> **Data records**:

::::::::

// The blocks of memory.

ghost use Rattle.std.specs.Prelude.{◌≡◌, ◌++◌, ◌∷◌, [], length, suc, count_by, if◌then◌else◌, not, ◌==◌, false, None, Some, IfOk, IfErr, OnOk, OnErr};

use crate::block::{cell_place, live_place, push_empty};
use crate::fault::HeapFault;
use crate::stored_block::StoredBlock;
use bril_tree::limits::Fault;
use bril_tree::value::Value;
use std::alloc::Global;
use std::marker::Model;

// The most blocks that are ever taken.
const MOST_BLOCKS: usize = 262144;

/// Blocks of memory, as Bril's memory extension has them. They are numbered 1, 2, 3 and so on in the order in which
/// they were taken. A block that is freed gives its memory back, and its cells count no longer.
#[derive(Drop)]
pub struct Cells {
    limit: u32,
    in_use: u32,
    live: u32,
    blocks: Vec<StoredBlock>,
}

impl Model for Cells {
    ghost use Rattle.bril_heap.specs.Heap.{CellsView, IsHeap};

    ghost Value = { CellsView };

    ghost view = { λ c. record { limit = c.limit; blocks = c.blocks.items } };

    ghost invariant = { λ c. IsHeap c.limit c.in_use c.live c.blocks.items };
}

impl Cells {
    ghost use Rattle.bril_tree.specs.Memory.{allocation_fault, cells_of, new_block, ended_block, live_block, is_freeable, changed_block, cell_at, is_live_any};
    ghost use Rattle.bril_tree.specs.declared.value.Value.TheVariants.{Ptr};
    ghost use Rattle.bril_heap.specs.Heap.{blocks_of, IsRefusal, load_answer, Stores};

    /// No blocks; at most `limit` cells will be live. Takes no memory: that of the blocks will be `alloc`'s.
    pub fn new(alloc: Global, limit: u32) -> Cells
        ensures limit { result.limit ≡ limit }
        ensures blocks { blocks_of result ≡ [] }
    {
        Cells {
            limit,
            in_use: 0,
            live: 0,
            blocks: Vec::new(alloc),
        }
    }

    /// Makes a block of `count` cells that hold nothing, and answers its number.
    ///
    /// `BadAlloc` comes exactly where the count is below 1; else `Allocs` exactly where 262,144 blocks were taken
    /// before; else `Cells` exactly where the count, added to the cells of all live blocks, passes the limit. `Memory`:
    /// memory was wanting. Nothing changes after an error.
    pub fn take(&mut self, count: i64) -> Result<u32, HeapFault>
        ensures limit { self.new.limit ≡ self.old.limit }
        ensures number { IfOk result (λ number. number ≡ suc (length (blocks_of self.old))) }
        ensures blocks { IfOk result (λ _. blocks_of self.new ≡ blocks_of self.old ++ new_block (cells_of count) ∷ []) }

        // When each comes.
        ensures allowed { IfOk result (λ _. allocation_fault self.old.limit (blocks_of self.old) count ≡ None) }
        ensures refused { IfErr result (λ why. IsRefusal why (allocation_fault self.old.limit (blocks_of self.old) count)) }
        ensures err { OnErr result (self.new ≡ self.old) }
    {
        if count < 1 {
            return Err(HeapFault::BadAlloc);
        }
        if self.blocks.len() >= MOST_BLOCKS {
            return Err(HeapFault::Allocs);
        }
        if count > (self.limit - self.in_use) as i64 {
            return Err(HeapFault::Cells);
        }
        push_empty(&mut self.blocks, count as usize)?;
        self.in_use += count as u32;
        self.live += 1;
        Ok(self.blocks.len() as u32)
    }

    /// Ends the block of that number. Takes no memory. False exactly where the offset isn't 0 or no live block has the
    /// number, and then nothing changes.
    pub fn free(&mut self, block: u32, offset: i32) -> bool
        ensures limit { self.new.limit ≡ self.old.limit }
        ensures answer { result ≡ is_freeable (live_block (blocks_of self.old) block) offset }
        ensures blocks { blocks_of self.new ≡ (if result then changed_block (blocks_of self.old) block (λ b. ended_block) else blocks_of self.old) }
    {
        if offset != 0 {
            return false;
        }
        match live_place(&self.blocks, block) {
            None => false,
            Some(place) => {
                self.in_use -= self.blocks[place].size() as u32;
                self.blocks[place].end();
                self.live -= 1;
                true
            }
        }
    }

    /// What the cell at an offset of a block holds. Takes no memory. `Access` comes exactly where no live block has the
    /// number or the offset lies outside it; else `Uninit` exactly where the cell was never stored.
    pub fn load(&self, block: u32, offset: i32) -> Result<Value, Fault>
        ensures { result ≡ load_answer (blocks_of self.now) (Ptr block offset) (cell_at (blocks_of self.now) (Ptr block offset)) }
    {
        match cell_place(&self.blocks, block, offset) {
            None => Err(Fault::Access),
            Some((place, cell)) => match self.blocks[place].entry(cell) {
                None => Err(Fault::Uninit),
                Some(value) => Ok(value),
            },
        }
    }

    /// Stores a value in the cell at an offset of a block. Takes no memory. `Access`, the one fault, comes exactly
    /// where no live block has the number or the offset lies outside it, and then nothing changes.
    pub fn store(&mut self, block: u32, offset: i32, value: Value) -> Result<(), Fault>
        ensures limit { self.new.limit ≡ self.old.limit }
        ensures stored { Stores result (blocks_of self.old) (Ptr block offset) (cell_at (blocks_of self.old) (Ptr block offset)) value (blocks_of self.new) }
    {
        match cell_place(&self.blocks, block, offset) {
            None => Err(Fault::Access),
            Some((place, cell)) => {
                self.blocks[place].put(cell, value);
                Ok(())
            }
        }
    }

    /// How many blocks are live. Takes no memory.
    pub fn live(&self) -> u32
        ensures counted { result ≡ count_by (λ b. b.is_live) (blocks_of self.now) }
        ensures any { is_live_any (blocks_of self.now) ≡ not (result == 0) }
    {
        self.live
    }
}
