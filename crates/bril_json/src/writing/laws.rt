// Laws of the canonical JSON. Each function states some, and does nothing when it is called.

ghost use Rattle.bril_tree.specs.SourceLaws.{CanonicalSpells, CanonicalSpellsAlone, CanonicalTellsTrees};
ghost use Rattle.bril_json.specs.Canonical.{canonical_json};
ghost use Rattle.bril_json.specs.Reading.{JsonOf};

/// The canonical JSON of a tree is that tree and no other, and no two trees have the same canonical JSON.
pub fn canonical_json_is_read()
    ensures is_tree { CanonicalSpells canonical_json JsonOf }
    ensures alone { CanonicalSpellsAlone canonical_json JsonOf }
    ensures tells { CanonicalTellsTrees canonical_json }
{}
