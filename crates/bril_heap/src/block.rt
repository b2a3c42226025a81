// Where blocks and cells are found.

ghost use Rattle.std.specs.Prelude.{◌≡◌, ◌++◌, ◌∷◌, [], None, true, replicate, MatchOption, OnOk, OnErr};
ghost use Rattle.bril_tree.specs.Memory.{live_block, cell_at};
ghost use Rattle.bril_tree.specs.declared.value.Value.TheVariants.{Ptr};
ghost use Rattle.bril_heap.specs.Stored.{seen, IsLiveAt, IsCellAt};

use crate::stored_block::StoredBlock;
use std::alloc::AllocError;

// Appends a live block of so many cells that hold nothing. Fails only for want of memory, and then changes nothing.
pub fn push_empty(blocks: &mut Vec<StoredBlock>, size: usize) -> Result<(), AllocError>
    ensures ok { OnOk result (blocks.new.items ≡ blocks.old.items ++ record { is_live = true; cells = replicate size None } ∷ []) }
    ensures err { OnErr result (blocks.new.items ≡ blocks.old.items) }
{
    let block = StoredBlock::empty(*blocks.allocator(), size)?;
    blocks.push(block)?;
    Ok(())
}

// The place of the live block of a number, which counts from 1.
pub fn live_place(blocks: &[StoredBlock], block: u32) -> Option<usize>
    ensures { MatchOption result (live_block (seen blocks.now) block ≡ None) (λ place. IsLiveAt blocks.now block place) }
{
    if block == 0 {
        return None;
    }
    let place = block as usize - 1;
    if place >= blocks.len() {
        return None;
    }
    if blocks[place].is_live() {
        Some(place)
    } else {
        None
    }
}

// The place of the live block of a number, and the cell in it at an offset.
pub fn cell_place(blocks: &[StoredBlock], block: u32, offset: i32) -> Option<(usize, usize)>
    ensures { MatchOption result (cell_at (seen blocks.now) (Ptr block offset) ≡ None) (λ at. IsCellAt blocks.now block offset at.0 at.1) }
{
    let place = live_place(blocks, block)?;
    if offset < 0 {
        return None;
    }
    let cell = offset as usize;
    if cell < blocks[place].size() {
        Some((place, cell))
    } else {
        None
    }
}
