// Lists of values, names, and parts of objects that may be left out.

ghost use Rattle.std.specs.Prelude.{◌≡◌, IfOk, OnOk, All, option_map};
ghost use Rattle.bril_tree.specs.TreeForm.{IsName, AreNames};
ghost use Rattle.serde_json.specs.Data.{Data, string};
ghost use Rattle.serde_json.specs.View.{view, items_view, members_view};
ghost use Rattle.bril_json.specs.Built as built;
ghost use Rattle.bril_json.specs.Canonical.{listed, unless_empty};

use bril_tree::name::Name;
use bril_tree::sequence::Seq;
use serde_json::{Map, Value, put};
use std::alloc::{AllocError, Global};
use std::str;

// A part of a tree that is an item of a list in the JSON form.
pub trait ListItem {
    // Its canonical JSON, and what it means to be a valid part of a tree.
    ghost json: { Self → Data };

    ghost is_part: { Self → Type 0 };

    // Its canonical JSON.
    fn value(&self, alloc: Global) -> Result<Value, AllocError>
        ensures value { IfOk result (λ v. view v ≡ json self.now) }
        ensures valid { OnOk result (is_part self.now) };
}

// The values of the items, in order.
pub fn list_values<T: ListItem>(alloc: Global, list: &[T]) -> Result<Vec<Value>, AllocError>
    ensures values { IfOk result (λ vs. items_view vs.items ≡ listed T.json list.now) }
    ensures valid { OnOk result (All T.is_part list.now) }
{
    let mut values = Vec::new(alloc);
    for item in list {
        values.push(item.value(alloc)?)?;
    }
    Ok(values)
}

// The name as text.
pub fn name_text(name: &Name) -> &str
    ensures value { result.now ≡ name.now }
    ensures valid { IsName name.now }
{
    match str::from_utf8(name.as_bytes()) {
        Ok(text) => text,
        Err(_) => unreachable!("an identifier is ASCII"),
    }
}

impl ListItem for Name {
    ghost json = { string };

    ghost is_part = { IsName };

    fn value(&self, alloc: Global) -> Result<Value, AllocError> {
        Value::try_from_str(alloc, name_text(self))
    }
}

// The list, if it has an item.
pub fn list_part(values: Vec<Value>) -> Option<Value>
    ensures { option_map view result ≡ unless_empty (items_view values.items) }
{
    if values.is_empty() {
        return None;
    }
    Some(Value::Array(values))
}

// The list of the names, if there are any.
pub fn names_part(alloc: Global, names: &Seq<Name>) -> Result<Option<Value>, AllocError>
    ensures part { IfOk result (λ part. option_map view part ≡ unless_empty (listed string names.now)) }
    ensures valid { OnOk result (AreNames names.now) }
{
    Ok(list_part(list_values(alloc, names.as_slice())?))
}

// Adds the part, if there is one.
pub fn put_part(
    members: &mut Map<String, Value>,
    alloc: Global,
    key: &str,
    part: Option<Value>,
) -> Result<(), AllocError>
    ensures { OnOk result (members_view members.new.entries
        ≡ built.put_part key.now (option_map view part) (members_view members.old.entries)) }
{
    match part {
        None => Ok(()),
        Some(value) => put(members, alloc, key, value),
    }
}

::::::::

> **WHAT THIS TASK INVOLVES**: Go through the records line by line and count those containing the string "IsLiveAt". Give only the total.

> **WRITTEN RESPONSE**: 2